Records from a data collection:
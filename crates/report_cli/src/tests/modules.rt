//! Worktrees with a submodule, and what the report says of it.
use crate::tests::rows::Row;
use worktree_fs::NewNode;

/// A git directory's `HEAD`.
const HEAD: NewNode<'static> = NewNode::File(b"ref: refs/heads/main\n");

const LINK: NewNode<'static> = NewNode::File(b"gitdir: /g/m\n");

const MODULES: NewNode<'static> = NewNode::File(b"[submodule \"m\"]\npath = lib\nurl = u\n");

const CONFIG: NewNode<'static> = NewNode::File(b"[submodule \"m\"]\nurl = u\n");

/// A submodule `m` at `lib`, and a configuration with a URL for it.
const ONE: &[(&[u8], NewNode<'static>)] = &[
    (b"/g/m/HEAD", HEAD),
    (b"/g/m/objects", NewNode::Directory),
    (b"/g/m/refs", NewNode::Directory),
    (b"/w/.gitmodules", MODULES),
    (b"/w/lib/.git", LINK),
    (b"/c", CONFIG),
];

/// The index has both, and both are asked for.
const WITHOUT_CONFIG: &[u8] =
    b"index 100644 0 - - .gitmodules\nindex 160000 0 - - lib\noption emit_tracked yes\noption submodules yes\n";

/// The same, and the configuration is read.
const WITH_CONFIG: &[u8] =
    b"index 100644 0 - - .gitmodules\nindex 160000 0 - - lib\noption emit_tracked yes\noption submodules yes\nconfig local /c\n";

pub static MODULED: [Row; 9] = [
    Row {
        name: "an active submodule",
        nodes: ONE,
        setup: WITH_CONFIG,
        status: 0,
        out: b"tracked file file always - - -\t.gitmodules\ntracked repository repository always - - active:m\tlib\n",
        err: b"",
    },
    Row {
        name: "an inactive submodule",
        nodes: ONE,
        setup: WITHOUT_CONFIG,
        status: 0,
        out: b"tracked file file always - - -\t.gitmodules\ntracked repository repository always - - inactive:m\tlib\n",
        err: b"",
    },
    Row {
        name: "a submodule whose activity is no boolean",
        nodes: &[
            (b"/g/m/HEAD", HEAD),
            (b"/g/m/objects", NewNode::Directory),
            (b"/g/m/refs", NewNode::Directory),
            (b"/w/.gitmodules", MODULES),
            (b"/w/lib/.git", LINK),
            (
                b"/c",
                NewNode::File(b"[submodule \"m\"]\nurl = u\nactive = maybe\n"),
            ),
        ],
        setup: WITH_CONFIG,
        status: 0,
        out: b"tracked file file always - - -\t.gitmodules\ntracked repository repository always - - invalid:m\tlib\n",
        err: b"",
    },
    Row {
        name: "a second submodule of the same path",
        nodes: &[
            (b"/g/m/HEAD", HEAD),
            (b"/g/m/objects", NewNode::Directory),
            (b"/g/m/refs", NewNode::Directory),
            (
                b"/w/.gitmodules",
                NewNode::File(
                    b"[submodule \"m\"]\npath = lib\nurl = u\n[submodule \"n\"]\npath = lib\n",
                ),
            ),
            (b"/w/lib/.git", LINK),
            (b"/c", CONFIG),
        ],
        setup: WITH_CONFIG,
        status: 0,
        out: b"tracked file file always - - -\t.gitmodules\ntracked repository repository always - - active:m\tlib\n",
        err: b"",
    },
    Row {
        name: "a path that leads out of the worktree",
        nodes: &[
            (b"/g/m/HEAD", HEAD),
            (b"/g/m/objects", NewNode::Directory),
            (b"/g/m/refs", NewNode::Directory),
            (
                b"/w/.gitmodules",
                NewNode::File(b"[submodule \"m\"]\npath = ../lib\nurl = u\n"),
            ),
            (b"/w/lib/.git", LINK),
            (b"/c", CONFIG),
        ],
        setup: WITH_CONFIG,
        status: 0,
        out: b"tracked file file always - - -\t.gitmodules\ntracked repository repository always - - -\tlib\n",
        err: b"",
    },
    Row {
        name: "a name with a blank, before the rule that decides",
        nodes: &[
            (
                b"/w/.gitmodules",
                NewNode::File(b"[submodule \"a b\"]\npath = f\n"),
            ),
            (b"/w/f", NewNode::File(b"")),
        ],
        setup: b"override !f\noption submodules yes\noption origins yes\n",
        status: 0,
        out: b"untracked file - always - - - -\t.gitmodules\nuntracked file - always - - inactive:a\\20b !overrides:1\tf\n",
        err: b"",
    },
    Row {
        name: "a configuration that the permissions do not admit",
        nodes: ONE,
        setup: b"index 160000 0 - - lib\noption emit_tracked yes\noption submodules yes\nconfig user /c\noption permissions isolated\n",
        status: 0,
        out: b"untracked file - always - - -\t.gitmodules\ntracked repository repository always - - inactive:m\tlib\n",
        err: b"",
    },
    Row {
        name: "files that are not there, or are links to be left alone",
        nodes: &[(b"/w/.gitmodules", NewNode::Link(b"/m")), (b"/m", MODULES)],
        setup: b"option submodules yes\nconfig env /c\n",
        status: 0,
        out: b"untracked symlink - always - - -\t.gitmodules\n",
        err: b"",
    },
    Row {
        name: "submodules that are not asked for",
        nodes: &[
            (b"/w/.gitmodules", NewNode::File(b"[x")),
            (b"/c", NewNode::File(b"[x")),
        ],
        setup: b"config local /c\n",
        status: 0,
        out: b"untracked file - always - -\t.gitmodules\n",
        err: b"",
    },
];

pub static MISREAD: [Row; 6] = [
    Row {
        name: "a section that is not closed",
        nodes: &[(b"/w/.gitmodules", NewNode::File(b"[x"))],
        setup: b"option submodules yes\n",
        status: 5,
        out: b"",
        err: b"modules: line 1\n",
    },
    Row {
        name: "a path spec that leads out of the worktree",
        nodes: &[(b"/c", NewNode::File(b"[submodule]\nactive = /x\n"))],
        setup: b"option submodules yes\nconfig local /c\n",
        status: 5,
        out: b"",
        err: b"active: value 1\n",
    },
    Row {
        name: "a section of a configuration that is not closed",
        nodes: &[
            (b"/w/.gitmodules", NewNode::File(b"[x")),
            (b"/c", NewNode::File(b"[x")),
        ],
        setup: b"option submodules yes\nconfig local /c\n",
        status: 5,
        out: b"",
        err: b"config 1: line 1\n",
    },
    Row {
        name: "a configuration behind one that is not admitted",
        nodes: &[
            (b"/u", NewNode::File(b"[x")),
            (b"/c", NewNode::File(b"[a]\nb = c\n=")),
        ],
        setup: b"config user /u\nconfig api /c\noption submodules yes\noption permissions isolated\n",
        status: 5,
        out: b"",
        err: b"config 2: line 3\n",
    },
    Row {
        name: "a configuration of no kind",
        nodes: &[],
        setup: b"config modules /c\n",
        status: 3,
        out: b"",
        err: b"setup: line 1\n",
    },
    Row {
        name: "a configuration whose path is relative",
        nodes: &[],
        setup: b"blob - \nconfig local c\n",
        status: 3,
        out: b"",
        err: b"setup: line 2\n",
    },
];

§ **Work order**:
Write down every record shown above precisely.

§ **Result**:
filename crates/report_cli/src/tests/modules.rt
//! Worktrees with a submodule, and what the report says of it.
use crate::tests::rows::Row;
use worktree_fs::NewNode;

/// A git directory's `HEAD`.
const HEAD: NewNode<'static> = NewNode::File(b"ref: refs/heads/main\n");

const LINK: NewNode<'static> = NewNode::File(b"gitdir: /g/m\n");

const MODULES: NewNode<'static> = NewNode::File(b"[submodule \"m\"]\npath = lib\nurl = u\n");

const CONFIG: NewNode<'static> = NewNode::File(b"[submodule \"m\"]\nurl = u\n");

/// A submodule `m` at `lib`, and a configuration with a URL for it.
const ONE: &[(&[u8], NewNode<'static>)] = &[
    (b"/g/m/HEAD", HEAD),
    (b"/g/m/objects", NewNode::Directory),
    (b"/g/m/refs", NewNode::Directory),
    (b"/w/.gitmodules", MODULES),
    (b"/w/lib/.git", LINK),
    (b"/c", CONFIG),
];

/// The index has both, and both are asked for.
const WITHOUT_CONFIG: &[u8] =
    b"index 100644 0 - - .gitmodules\nindex 160000 0 - - lib\noption emit_tracked yes\noption submodules yes\n";

/// The same, and the configuration is read.
const WITH_CONFIG: &[u8] =
    b"index 100644 0 - - .gitmodules\nindex 160000 0 - - lib\noption emit_tracked yes\noption submodules yes\nconfig local /c\n";

pub static MODULED: [Row; 9] = [
    Row {
        name: "an active submodule",
        nodes: ONE,
        setup: WITH_CONFIG,
        status: 0,
        out: b"tracked file file always - - -\t.gitmodules\ntracked repository repository always - - active:m\tlib\n",
        err: b"",
    },
    Row {
        name: "an inactive submodule",
        nodes: ONE,
        setup: WITHOUT_CONFIG,
        status: 0,
        out: b"tracked file file always - - -\t.gitmodules\ntracked repository repository always - - inactive:m\tlib\n",
        err: b"",
    },
    Row {
        name: "a submodule whose activity is no boolean",
        nodes: &[
            (b"/g/m/HEAD", HEAD),
            (b"/g/m/objects", NewNode::Directory),
            (b"/g/m/refs", NewNode::Directory),
            (b"/w/.gitmodules", MODULES),
            (b"/w/lib/.git", LINK),
            (
                b"/c",
                NewNode::File(b"[submodule \"m\"]\nurl = u\nactive = maybe\n"),
            ),
        ],
        setup: WITH_CONFIG,
        status: 0,
        out: b"tracked file file always - - -\t.gitmodules\ntracked repository repository always - - invalid:m\tlib\n",
        err: b"",
    },
    Row {
        name: "a second submodule of the same path",
        nodes: &[
            (b"/g/m/HEAD", HEAD),
            (b"/g/m/objects", NewNode::Directory),
            (b"/g/m/refs", NewNode::Directory),
            (
                b"/w/.gitmodules",
                NewNode::File(
                    b"[submodule \"m\"]\npath = lib\nurl = u\n[submodule \"n\"]\npath = lib\n",
                ),
            ),
            (b"/w/lib/.git", LINK),
            (b"/c", CONFIG),
        ],
        setup: WITH_CONFIG,
        status: 0,
        out: b"tracked file file always - - -\t.gitmodules\ntracked repository repository always - - active:m\tlib\n",
        err: b"",
    },
    Row {
        name: "a path that leads out of the worktree",
        nodes: &[
            (b"/g/m/HEAD", HEAD),
            (b"/g/m/objects", NewNode::Directory),
            (b"/g/m/refs", NewNode::Directory),
            (
                b"/w/.gitmodules",
                NewNode::File(b"[submodule \"m\"]\npath = ../lib\nurl = u\n"),
            ),
            (b"/w/lib/.git", LINK),
            (b"/c", CONFIG),
        ],
        setup: WITH_CONFIG,
        status: 0,
        out: b"tracked file file always - - -\t.gitmodules\ntracked repository repository always - - -\tlib\n",
        err: b"",
    },
    Row {
        name: "a name with a blank, before the rule that decides",
        nodes: &[
            (
                b"/w/.gitmodules",
                NewNode::File(b"[submodule \"a b\"]\npath = f\n"),
            ),
            (b"/w/f", NewNode::File(b"")),
        ],
        setup: b"override !f\noption submodules yes\noption origins yes\n",
        status: 0,
        out: b"untracked file - always - - - -\t.gitmodules\nuntracked file - always - - inactive:a\\20b !overrides:1\tf\n",
        err: b"",
    },
    Row {
        name: "a configuration that the permissions do not admit",
        nodes: ONE,
        setup: b"index 160000 0 - - lib\noption emit_tracked yes\noption submodules yes\nconfig user /c\noption permissions isolated\n",
        status: 0,
        out: b"untracked file - always - - -\t.gitmodules\ntracked repository repository always - - inactive:m\tlib\n",
        err: b"",
    },
    Row {
        name: "files that are not there, or are links to be left alone",
        nodes: &[(b"/w/.gitmodules", NewNode::Link(b"/m")), (b"/m", MODULES)],
        setup: b"option submodules yes\nconfig env /c\n",
        status: 0,
        out: b"untracked symlink - always - - -\t.gitmodules\n",
        err: b"",
    },
    Row {
        name: "submodules that are not asked for",
        nodes: &[
            (b"/w/.gitmodules", NewNode::File(b"[x")),
            (b"/c", NewNode::File(b"[x")),
        ],
        setup: b"config local /c\n",
        status: 0,
        out: b"untracked file - always - -\t.gitmodules\n",
        err: b"",
    },
];

pub static MISREAD: [Row; 6] = [
    Row {
        name: "a section that is not closed",
        nodes: &[(b"/w/.gitmodules", NewNode::File(b"[x"))],
        setup: b"option submodules yes\n",
        status: 5,
        out: b"",
        err: b"modules: line 1\n",
    },
    Row {
        name: "a path spec that leads out of the worktree",
        nodes: &[(b"/c", NewNode::File(b"[submodule]\nactive = /x\n"))],
        setup: b"option submodules yes\nconfig local /c\n",
        status: 5,
        out: b"",
        err: b"active: value 1\n",
    },
    Row {
        name: "a section of a configuration that is not closed",
        nodes: &[
            (b"/w/.gitmodules", NewNode::File(b"[x")),
            (b"/c", NewNode::File(b"[x")),
        ],
        setup: b"option submodules yes\nconfig local /c\n",
        status: 5,
        out: b"",
        err: b"config 1: line 1\n",
    },
    Row {
        name: "a configuration behind one that is not admitted",
        nodes: &[
            (b"/u", NewNode::File(b"[x")),
            (b"/c", NewNode::File(b"[a]\nb = c\n=")),
        ],
        setup: b"config user /u\nconfig api /c\noption submodules yes\noption permissions isolated\n",
        status: 5,
        out: b"",
        err: b"config 2: line 3\n",
    },
    Row {
        name: "a configuration of no kind",
        nodes: &[],
        setup: b"config modules /c\n",
        status: 3,
        out: b"",
        err: b"setup: line 1\n",
    },
    Row {
        name: "a configuration whose path is relative",
        nodes: &[],
        setup: b"blob - \nconfig local c\n",
        status: 3,
        out: b"",
        err: b"setup: line 2\n",
    },
];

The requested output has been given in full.